In the listing below, locate the lines bearing the word "OnSome". Copy every one of them.

— Supplied entries —
▼
//! A thread sleeps until its wait is resolved, and who was named is woken.
ghost use Rattle.std.specs.Prelude.{◌≡◌, ◌<◌, true};
ghost use Rattle.channel_model.specs.declared.floor.WaitState.TheVariants as state;
ghost use Rattle.channel_model.specs.Answers.{IsReady};
ghost use Rattle.parcel_channel.specs.Hubs.{IsOf, SamePass, seen_by, floor_by};
ghost use Rattle.parcel_channel.specs.Numbers.{HoldsWait};
ghost use Rattle.waiting.specs.Waits.{Stays, EndsAsleep};

use channel_model::WaitState;
use co_base::{Tag, WaitId};
use parcel_channel::{ParcelHub, ParcelPass, ParcelSettled};
use ring_bridge::Bells;
use std::hint::spin_loop;
use std::sync::Wait;

/// How often a wait is looked at before its thread sleeps: longer than an answer takes that is on its way from another processor, so
/// that two threads which answer each other at once seldom sleep; and short beside what it costs to sleep where processors are few.
pub(crate) const LOOKS: u32 = 1500;

/// The bell of a tag: each tag below 63 has one of its own, and all others have the last.
pub(crate) fn bell_of(tag: Tag) -> u32
    ensures few { result < 64 }
{
    if tag < 63 { tag as u32 } else { 63 }
}

/// Wakes those of a set.
pub(crate) fn wake_set(bells: &Bells, set: u64) {
    if set != 0 {
        bells.wake_mask(set);
    }
}

/// Wakes whom an answer named: one, and a set.
pub(crate) fn wake(bells: &Bells, one: Option<Tag>, set: u64) {
    if let Some(tag) = one {
        bells.ring(bell_of(tag));
    }
    wake_set(bells, set);
}

/// How far the own wait is.
pub(crate) fn look_at<T>(hub: &ParcelHub<T>, pass: &mut ParcelPass<T>, wait: WaitId) -> WaitState
    requires of { IsOf hub.now pass.old }
    requires wait { wait.channel ≡ 0 }
    requires holds { HoldsWait pass.old.tag wait (floor_by hub.now pass.old) }
    ensures of { IsOf hub.now pass.new }
    ensures stays { Stays hub.now wait pass.old pass.new }
    ensures ready { result ≡ state.Resolved → IsReady pass.new.tag wait (floor_by hub.now pass.new) }
{
    hub.look(pass, wait)
}

/// Looks at the own wait some times. Answers whether it was resolved.
fn look_often<T>(hub: &ParcelHub<T>, pass: &mut ParcelPass<T>, wait: WaitId) -> bool
    requires of { IsOf hub.now pass.old }
    requires wait { wait.channel ≡ 0 }
    requires holds { HoldsWait pass.old.tag wait (floor_by hub.now pass.old) }
    ensures of { IsOf hub.now pass.new }
    ensures stays { Stays hub.now wait pass.old pass.new }
    ensures ready { result ≡ true → IsReady pass.new.tag wait (floor_by hub.now pass.new) }
{
    for _ in 0..LOOKS {
        if let WaitState::Resolved = look_at(hub, pass, wait) {
            return true;
        }
        spin_loop();
    }
    false
}

/// Sleeps until the own wait is resolved.
fn sleep<T, R: Wait>(
    rt: &R,
    hub: &ParcelHub<T>,
    bells: &Bells,
    pass: &mut ParcelPass<T>,
    wait: WaitId,
)
    requires of { IsOf hub.now pass.old }
    requires wait { wait.channel ≡ 0 }
    requires holds { HoldsWait pass.old.tag wait (floor_by hub.now pass.old) }
    ensures of { IsOf hub.now pass.new }
    ensures stays { Stays hub.now wait pass.old pass.new }
    ensures ready { IsReady pass.new.tag wait (floor_by hub.now pass.new) }
{
    let bell = bell_of(pass.tag());
    for _ in rt.forever() {
        let rung = bells.rung(bell);
        if let WaitState::Resolved = look_at(hub, pass, wait) {
            return;
        }
        bells.sleep(rt, bell, rung);
    }
}

/// Waits until the own wait is resolved.
fn rest<T, R: Wait>(
    rt: &R,
    hub: &ParcelHub<T>,
    bells: &Bells,
    pass: &mut ParcelPass<T>,
    wait: WaitId,
)
    requires of { IsOf hub.now pass.old }
    requires wait { wait.channel ≡ 0 }
    requires holds { HoldsWait pass.old.tag wait (floor_by hub.now pass.old) }
    ensures of { IsOf hub.now pass.new }
    ensures stays { Stays hub.now wait pass.old pass.new }
    ensures ready { IsReady pass.new.tag wait (floor_by hub.now pass.new) }
{
    if look_often(hub, pass, wait) {
        return;
    }
    sleep(rt, hub, bells, pass, wait)
}

/// Waits until the own wait is resolved, and ends it.
pub(crate) fn end_asleep<T, R: Wait>(
    rt: &R,
    hub: &ParcelHub<T>,
    bells: &Bells,
    pass: &mut ParcelPass<T>,
    wait: WaitId,
) -> ParcelSettled<T>
    requires of { IsOf hub.now pass.old }
    requires wait { wait.channel ≡ 0 }
    requires holds { HoldsWait pass.old.tag wait (floor_by hub.now pass.old) }
    ensures of { IsOf hub.now pass.new }
    ensures same { SamePass pass.old pass.new }
    ensures ended { EndsAsleep hub.now.parcels pass.old.tag wait (seen_by pass.old) (seen_by pass.new)
        (floor_by hub.now pass.old) (floor_by hub.now pass.new) result }
{
    rest(rt, hub, bells, pass, wait);
    hub.settle(pass, wait, false)
}
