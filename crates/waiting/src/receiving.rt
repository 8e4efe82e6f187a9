//! What a stream does.
ghost use Rattle.std.specs.Prelude.{◌≡◌, ◌<◌, [], None, Some, false, IfSome, OnSome};
ghost use Rattle.futures.specs.Runs.{After, Within};
ghost use Rattle.futures.specs.Task.{Covers, Keeps};
ghost use Rattle.futures.specs.Poll.{IfReady, OnPending};
ghost use Rattle.parcel_channel.specs.Hubs.{IsOf, SamePass, floor_by};
ghost use Rattle.waiting.specs.Stands.{AwaitsOn, AwaitsAt};
ghost use Rattle.waiting.specs.Waits.{IsReceived};
ghost use Rattle.waiting.specs.Streams.{PollsAny, YieldsAny, PolledAs, ReceiveStep, HeldAfter, SameStream, PolledSo};

use crate::calls::ReceiveFault;
use crate::resting::{bell_of, look_at, wake};
use crate::streams::ParcelStream;
use channel_model::WaitState;
use co_base::{Value, WaitId};
use futures::Stream;
use futures::task::{Context, Poll};
use parcel_channel::{ParcelGot, ParcelHub, ParcelPass, ParcelSettled};
use ring_bridge::Bells;

/// What a receive came to in one poll.
pub(crate) enum Polled<T> {
    Value(T),
    Closed(Value),
    Fault(ReceiveFault),
    Waits(WaitId),
}

/// Receives, where the pass does not wait.
fn begin<T>(hub: &ParcelHub<T>, bells: &Bells, pass: &mut ParcelPass<T>) -> Polled<T>
    requires of { IsOf hub.now pass.old }
    ensures of { IsOf hub.now pass.new }
    ensures same { SamePass pass.old pass.new }
    ensures held { HeldAfter hub.now pass.new result }
    ensures step { ReceiveStep None hub.now pass.old pass.new result }
{
    match hub.receive(pass) {
        ParcelGot::Value(value, from, admitted) => {
            wake(bells, from, admitted);
            Polled::Value(value)
        }
        ParcelGot::Waits(wait) => Polled::Waits(wait),
        ParcelGot::Closed(v) => Polled::Closed(v),
        ParcelGot::Spent => Polled::Fault(ReceiveFault::Spent),
        ParcelGot::Lost(from, admitted) => {
            wake(bells, from, admitted);
            Polled::Fault(ReceiveFault::Lost)
        }
    }
}

/// What a poll comes to whose wait ended so.
fn polled_as<T>(settled: ParcelSettled<T>) -> Polled<T>
    requires received { IsReceived settled }
    ensures ends { PolledAs settled result }
{
    match settled {
        ParcelSettled::Value(value) => Polled::Value(value),
        ParcelSettled::Closed(v) => Polled::Closed(v),
        ParcelSettled::Lost => Polled::Fault(ReceiveFault::Lost),
        ParcelSettled::Sent => unreachable!(),
        ParcelSettled::Cancelled(_) => unreachable!(),
        ParcelSettled::Undelivered(_) => unreachable!(),
    }
}

/// Looks at the own wait, and ends it, if it was resolved.
fn go_on<T>(hub: &ParcelHub<T>, pass: &mut ParcelPass<T>, at: WaitId) -> Polled<T>
    requires of { IsOf hub.now pass.old }
    requires awaits { AwaitsOn pass.old.tag at (floor_by hub.now pass.old) }
    ensures of { IsOf hub.now pass.new }
    ensures same { SamePass pass.old pass.new }
    ensures held { HeldAfter hub.now pass.new result }
    ensures step { ReceiveStep (Some at) hub.now pass.old pass.new result }
{
    if let WaitState::Resolved = look_at(hub, pass, at) {
        let settled = hub.settle(pass, at, false);
        return polled_as(settled);
    }
    Polled::Waits(at)
}

/// Receives, or goes on to wait.
fn step<T>(
    hub: &ParcelHub<T>,
    bells: &Bells,
    pass: &mut ParcelPass<T>,
    wait: Option<WaitId>,
) -> Polled<T>
    requires of { IsOf hub.now pass.old }
    requires held { AwaitsAt hub.now pass.old wait }
    ensures of { IsOf hub.now pass.new }
    ensures same { SamePass pass.old pass.new }
    ensures held { HeldAfter hub.now pass.new result }
    ensures step { ReceiveStep wait hub.now pass.old pass.new result }
{
    match wait {
        None => begin(hub, bells, pass),
        Some(at) => go_on(hub, pass, at),
    }
}

impl<'a, T> ParcelStream<'a, T> {
    /// A stream that received nothing yet. The bells are those of the channel. Its tag has a bell of its own.
    pub fn new(hub: &'a ParcelHub<T>, bells: &'a Bells, pass: ParcelPass<T>) -> ParcelStream<'a, T>
        requires of { IsOf hub.now pass }
        requires low { pass.tag < 63 }
        ensures new { (result.hub.now ≡ hub.now) × (result.pass ≡ pass) × (result.wait ≡ None) × (result.ended ≡ false) }
    {
        ParcelStream {
            hub,
            bells,
            pass,
            wait: None,
            ended: false,
        }
    }
}

impl<T: Drop> Stream for ParcelStream<'_, T> {
    type Item = Result<T, ReceiveFault>;

    ghost can_poll = { PollsAny };

    ghost yields = { YieldsAny };

    fn poll_next(&mut self, cx: &mut Context<'_>) -> Poll<Option<Result<T, ReceiveFault>>>
        requires { PollsAny self.old }
        ensures value { IfReady result (YieldsAny self.old []) }
        ensures rest { IfReady result (λ o. IfSome o (λ x. After (YieldsAny self.old) x (YieldsAny self.new))) }
        ensures goes { IfReady result (λ o. OnSome o (PollsAny self.new)) }
        ensures again { OnPending result (PollsAny self.new) }
        ensures same { OnPending result (Within (YieldsAny self.old) (YieldsAny self.new)) }
        ensures registered { OnPending result (Covers cx.new (λ s. ⊥)) }
        ensures kept { Keeps cx.old cx.new }
        ensures still { SameStream self.old self.new }
        ensures polled { PolledSo self.old self.new result }
    {
        if self.ended {
            return Poll::Ready(None);
        }
        let bells = self.bells;
        let bell = bell_of(self.pass.tag());
        let rung = bells.rung(bell);
        match step(self.hub, bells, &mut self.pass, self.wait) {
            Polled::Value(value) => {
                self.wait = None;
                Poll::Ready(Some(Ok(value)))
            }
            Polled::Closed(_v) => {
                self.wait = None;
                self.ended = true;
                Poll::Ready(None)
            }
            Polled::Fault(fault) => {
                self.wait = None;
                self.ended = true;
                Poll::Ready(Some(Err(fault)))
            }
            Polled::Waits(wait) => {
                self.wait = Some(wait);
                bells.wait(cx, bell, rung)
            }
        }
    }
}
▲
— Final answer —
ghost use Rattle.std.specs.Prelude.{◌≡◌, ◌<◌, [], None, Some, false, IfSome, OnSome};
        ensures goes { IfReady result (λ o. OnSome o (PollsAny self.new)) }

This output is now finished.